Orientalischer Dunst

Konstanz – Zöllner dreier mobiler Kontrolleinheiten des Hauptzollamts Singen haben in der vergangenen Woche Shisha-Cafés und -Lounges im Stadtgebiet von Konstanz kontrolliert und dabei knapp 85 Kilo Wasserpfeifentabak sichergestellt.

(Bild: Zoll)

(Bild: Zoll)

In insgesamt fünf der kontrollierten Shisha-Cafés kam es zu Beanstandungen. So wurden zum Beispiel Kleinverkaufspackungen des Shisha-Tabaks durch die Barbetreiber geöffnet und mit Gewinnerzielungsabsicht in kleineren Portionen weiter verkauft. Diese Vorgehensweise ist jedoch nicht zulässig, da Kleinverkaufspackungen nur ungeöffnet an Endverbraucher verkauft werden dürfen.
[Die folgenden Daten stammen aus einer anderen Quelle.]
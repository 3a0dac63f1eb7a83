//! Words and numbers behind a text.

ghost use Rattle.std.specs.Prelude.{◌≡◌, ◌++◌, OnOk};
ghost use Rattle.std.specs.Fmt.{decimal, signed_decimal};

use itoa::Buffer;
use slub_common::no_memory::NoMemory;

/// Words.
pub fn put(text: &mut Vec<u8>, words: &[u8]) -> Result<(), NoMemory>
    ensures { OnOk result (text.new.items ≡ text.old.items ++ words.now) }
{
    text.extend_from_slice(words)?;
    Ok(())
}

/// A number.
pub fn put_number(text: &mut Vec<u8>, n: u64) -> Result<(), NoMemory>
    ensures { OnOk result (text.new.items ≡ text.old.items ++ decimal n) }
{
    put(text, Buffer::new().format(n).as_bytes())
}

/// A number with its sign, if it is below 0.
pub fn put_signed(text: &mut Vec<u8>, n: i32) -> Result<(), NoMemory>
    ensures { OnOk result (text.new.items ≡ text.old.items ++ signed_decimal n) }
{
    put(text, Buffer::new().format(n).as_bytes())
}
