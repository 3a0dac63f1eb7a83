//! How a log begins, and what stands before and behind the turns of a round.

ghost use Rattle.std.specs.Prelude.{◌≡◌, ◌≤◌, ◌++◌, ◌∷◌, [], OnOk};
ghost use Rattle.std.specs.Fmt.{decimal};
ghost use Rattle.slub_lists.specs.Coherent.{IsCoherent};
ghost use Rattle.slub_picks.specs.Made.{part_text};
ghost use Rattle.slub_log_text.specs.Parts.{closing_text, counts_line, head_text, machine_line, opening_text, picks_line, shown_text, way_text};

use crate::events::put_events;
use crate::put::{put, put_number};
use slub_common::no_memory::NoMemory;
use slub_list_machine::lists::Lists;
use slub_open_close::growth::step_of;
use slub_picks::made::Made;
use slub_picks::words::Way;
use slub_state_text::names::LiveNames;
use slub_state_text::state::push_state;
use slub_trace::event::Round;
use slub_trace::trace::Trace;
use slub_turn_text::columns::push_head;

/// The machine between two rounds.
#[derive(Clone, Copy, Debug)]
pub struct Shown<'a> {
    pub lists: &'a Lists,
    /// The trace's first transaction id.
    pub first: u32,
    /// Those of the CPU words, by 16 * cache + CPU.
    pub ids: &'a [u32],
    /// The live names, in the order in which they were made.
    pub live: &'a LiveNames,
}

/// What is counted of a round's turns.
#[derive(Clone, Copy, Debug, PartialEq, Eq)]
pub struct Counts {
    pub turns: u64,
    /// Exchanges that were lost of words that are no lock's.
    pub lost: u64,
    /// And of locks.
    pub waits: u64,
}

/// A number behind words.
fn put_numbered(text: &mut Vec<u8>, words: &[u8], n: u64) -> Result<(), NoMemory>
    ensures { OnOk result (text.new.items ≡ text.old.items ++ words.now ++ decimal n) }
{
    put(text, words)?;
    put_number(text, n)
}

/// The same of a number of 32 bits.
fn put_small(text: &mut Vec<u8>, words: &[u8], n: u32) -> Result<(), NoMemory>
    ensures { OnOk result (text.new.items ≡ text.old.items ++ words.now ++ decimal n) }
{
    put_numbered(text, words, u64::from(n))
}

/// Where the turns come from.
fn put_way(text: &mut Vec<u8>, way: &Way) -> Result<(), NoMemory>
    ensures { OnOk result (text.new.items ≡ text.old.items ++ way_text way.now) }
{
    match way {
        Way::Seed(seed) => put_numbered(text, b"seed ", *seed),
        Way::Picks(list) => {
            put(text, b"picks ")?;
            put(text, list.text.as_slice())
        }
    }
}

/// The line of the machine.
fn put_machine(text: &mut Vec<u8>, trace: &Trace) -> Result<(), NoMemory>
    requires { (1 ≤ trace.now.cpus) × (trace.now.cpus ≤ 16) }
    ensures { OnOk result (text.new.items ≡ text.old.items ++ machine_line trace.now) }
{
    put_small(text, b"machine ", trace.frames)?;
    put_small(text, b" ", trace.cpus)?;
    put_small(text, b" tid ", trace.tid)?;
    put_small(text, b" step ", step_of(trace.cpus))?;
    put(text, b"\n")
}

/// The three lines that a log begins with.
pub fn put_head(text: &mut Vec<u8>, trace: &Trace, way: &Way) -> Result<(), NoMemory>
    requires { (1 ≤ trace.now.cpus) × (trace.now.cpus ≤ 16) }
    ensures { OnOk result (text.new.items ≡ text.old.items ++ head_text trace.now way.now) }
{
    put(text, b"slubsteps 1\n")?;
    put_machine(text, trace)?;
    put_way(text, way)?;
    put(text, b"\n")
}

/// The machine between two rounds.
fn put_shown(text: &mut Vec<u8>, shown: &Shown) -> Result<(), NoMemory>
    requires { IsCoherent shown.now.lists.now }
    ensures { OnOk result (text.new.items ≡ text.old.items ++ shown_text shown.now) }
{
    push_state(
        text,
        shown.lists,
        shown.first,
        shown.ids,
        shown.live.as_slice(),
    )
}

/// What stands before the turns of the round that the `round` line of this number begins.
pub fn put_opening(
    text: &mut Vec<u8>,
    trace: &Trace,
    number: u32,
    round: &Round,
    before: &Shown,
) -> Result<(), NoMemory>
    requires coherent { IsCoherent before.now.lists.now }
    requires workers { round.now.workers ≤ 16 }
    ensures { OnOk result (text.new.items ≡ text.old.items ++ opening_text trace.now number round.now before.now) }
{
    put_small(text, b"\nround ", number)?;
    put_small(text, b", workers ", round.workers)?;
    put(text, b"\n")?;
    put_events(text, trace.names.as_slice(), round.events.as_slice())?;
    put_small(text, b"state before round ", number)?;
    put(text, b"\n")?;
    put_shown(text, before)?;
    put(text, b"\n")?;
    push_head(text, round.workers as u8)
}

/// What is counted of the turns.
fn put_counts(text: &mut Vec<u8>, number: u32, counts: Counts) -> Result<(), NoMemory>
    ensures { OnOk result (text.new.items ≡ text.old.items ++ counts_line number counts) }
{
    put_small(text, b"end of round ", number)?;
    put_numbered(text, b": turns ", counts.turns)?;
    put_numbered(text, b", exchanges lost ", counts.lost)?;
    put_numbered(text, b", waits for a lock ", counts.waits)?;
    put(text, b"\n")
}

/// The part that says the turns of a round of two or more workers.
fn put_picks(text: &mut Vec<u8>, round: &Round, made: &Made) -> Result<(), NoMemory>
    ensures { OnOk result (text.new.items ≡ text.old.items ++ picks_line round.now (part_text made.now.runs.items)) }
{
    if round.workers > 1 {
        put(text, b"picks ")?;
        made.push_part(*text.allocator(), text)?;
        put(text, b"\n")?;
    }
    Ok(())
}

/// What stands behind the turns, before the replies.
pub fn put_closing(
    text: &mut Vec<u8>,
    number: u32,
    round: &Round,
    after: &Shown,
    counts: Counts,
    made: &Made,
) -> Result<(), NoMemory>
    requires { IsCoherent after.now.lists.now }
    ensures { OnOk result (text.new.items ≡ text.old.items ++ closing_text number round.now after.now counts (part_text made.now.runs.items)) }
{
    put_small(text, b"\nstate after round ", number)?;
    put(text, b"\n")?;
    put_shown(text, after)?;
    put_counts(text, number, counts)?;
    put_picks(text, round, made)
}
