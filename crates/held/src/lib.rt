// Voices that hold f64s alone: definitions and laws alone, and no code.
#![tactic(auto)]
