//! The parts of the table of versions: shelves, workers, and the greatest version.

/// The greatest version.
pub const MOST_VERSIONS: u64 = 1_000_000_000;

/// What a shelf is for.
#[derive(Clone, Copy, PartialEq, Eq, Debug)]
pub enum Shelf {
    /// No version stands here, though late workers may still be counted.
    Free,
    /// Workers that have looked at this version may take it.
    Open { version: u64 },
    /// The version stays until the last worker has left.
    Closing { version: u64 },
}

/// What a worker is doing.
#[derive(Clone, Copy, PartialEq, Eq, Debug)]
pub enum Worker {
    /// It is at no shelf.
    Idle,
    /// It saw this version as the current one, on this shelf.
    Looked { version: u64, shelf: usize },
    /// It took this shelf after the version that it had looked at was gone. It is counted there all the same.
    Late { shelf: usize },
    /// It holds the version on this shelf.
    Holding { shelf: usize, version: u64 },
}
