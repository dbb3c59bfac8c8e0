//! Laws over every list of events. The functions do nothing: their contracts are the laws.

ghost use Rattle.version_core.specs.Laws.{EveryRunKeeps, EveryStepKeeps, CountsAreWorkers, NoHeldShelfIsCollected};
ghost use Rattle.version_core.specs.Laws.{NothingFalls, NothingFallsInAStep};
ghost use Rattle.version_core.specs.Laws.{EditionsStay, AsksAreAnswered, LooksAndTakesHold, DropsLetGo};
ghost use Rattle.version_core.specs.Laws.{OpensWithEdition, NoticesAreOfTheirTime};
ghost use Rattle.version_core.specs.Laws.{JoinedVersionsStay, OneReply, OneRun, RunsBegin, RunsGrow};
ghost use Rattle.version_core.specs.Laws.{RunsGrowByRuns, RunsGrowWithReplies, RunsJoin, RunsPart};
ghost use Rattle.version_core.specs.State.{start};
ghost use Rattle.version_core.specs.Invariants.{KeepsInvariants};
ghost use Rattle.version_core.specs.Rest.{IsAtRest, RestStays, LoadsRest, RestIsSpent, RestIsFull};

/// The laws of every run from the start, whatever its events: each state that it reaches satisfies `KeepsInvariants`,
/// and the
/// other laws hold of every state that does.
pub fn every_run()
    ensures kept { EveryRunKeeps }
    ensures counts { CountsAreWorkers }
    ensures held { NoHeldShelfIsCollected }
    ensures later { NothingFalls }
    ensures editions { EditionsStay }
    ensures asks { AsksAreAnswered }
    ensures replies { OneRun }
{}

/// The laws of one step, for a state that satisfies `KeepsInvariants`, whatever events led there. The start satisfies
/// it, and each
/// step preserves it. If an opening takes the least free shelf, state and event determine the reply and the next state.
pub fn every_step()
    ensures start { KeepsInvariants start }
    ensures kept { EveryStepKeeps }
    ensures later { NothingFallsInAStep }
    ensures opened { OpensWithEdition }
    ensures reply { OneReply }
{}

/// The laws of notices: a notice is of a version that was published, and once a worker has taken it in, no look of the
/// worker finds an older version.
pub fn notices()
    ensures versions { NoticesAreOfTheirTime }
    ensures looks { JoinedVersionsStay }
{}

/// The laws of holding: an idle worker that looks and takes, with no event between, holds the current version; a worker
/// that drops the version that it holds is idle.
pub fn holding()
    ensures takes { LooksAndTakesHold }
    ensures drops { DropsLetGo }
{}

/// The laws by which runs are joined and parted. A list of events that leads to a core's state still does when the
/// event of a step, or the events of a run, are added to it. A step that is refused memory adds none.
pub fn runs_in_parts()
    ensures begin { RunsBegin }
    ensures grow { RunsGrow }
    ensures grow_by_run { RunsGrowByRuns }
    ensures grow_with_replies { RunsGrowWithReplies }
    ensures join { RunsJoin }
    ensures part { RunsPart }
{}

/// The laws of the table at rest, as it is between two loads: nothing is unpublished, and no version but the current
/// one is open. A load opens the next version, publishes it and closes the shelf that was current, which leaves the
/// table at rest again. If a load can't begin, either no version number is left, or all shelves but the current one are
/// closing.
pub fn at_rest()
    ensures start { IsAtRest start }
    ensures stays { RestStays }
    ensures loads { LoadsRest }
    ensures spent { RestIsSpent }
    ensures full { RestIsFull }
{}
Ferner haben die Shisha-Barbetreiber den Tabak nachträglich mit Feuchthaltemitteln (Molasse oder Glycerin) behandelt. Dies stellt jedoch eine sogenannte «unerlaubte Herstellungshandlung» dar und hat zur Folge, dass der gesamte Tabak, der durch das Feuchthaltemittel auch noch ein höheres Gewicht erhalten hat, noch einmal komplett versteuert werden muss. Auch unversteuerter Wasserpfeifentabak wurde bei den Kontrollen vorgefunden.

Wegen der Verstösse gegen das Tabaksteuergesetz und die Abgabenordnung wurden gegen die fünf Betreiber der betroffenen Lokalitäten im Alter von 31 bis 48 Jahren insgesamt vier Steuerstraf- und vier Ordnungswidrigkeitsverfahren eingeleitet.

Neben den nicht unerheblichen Steuernachzahlungen an Tabak- und Umsatzsteuer haben alle zusätzlich mit einer Geldstrafe oder Bussgeldern zu rechnen.

Der gesamte Wasserpfeifentabak wurde sichergestellt. Aufgrund möglicher gesundheitsschädlicher Inhaltsstoffe wird der Tabak voraussichtlich vernichtet.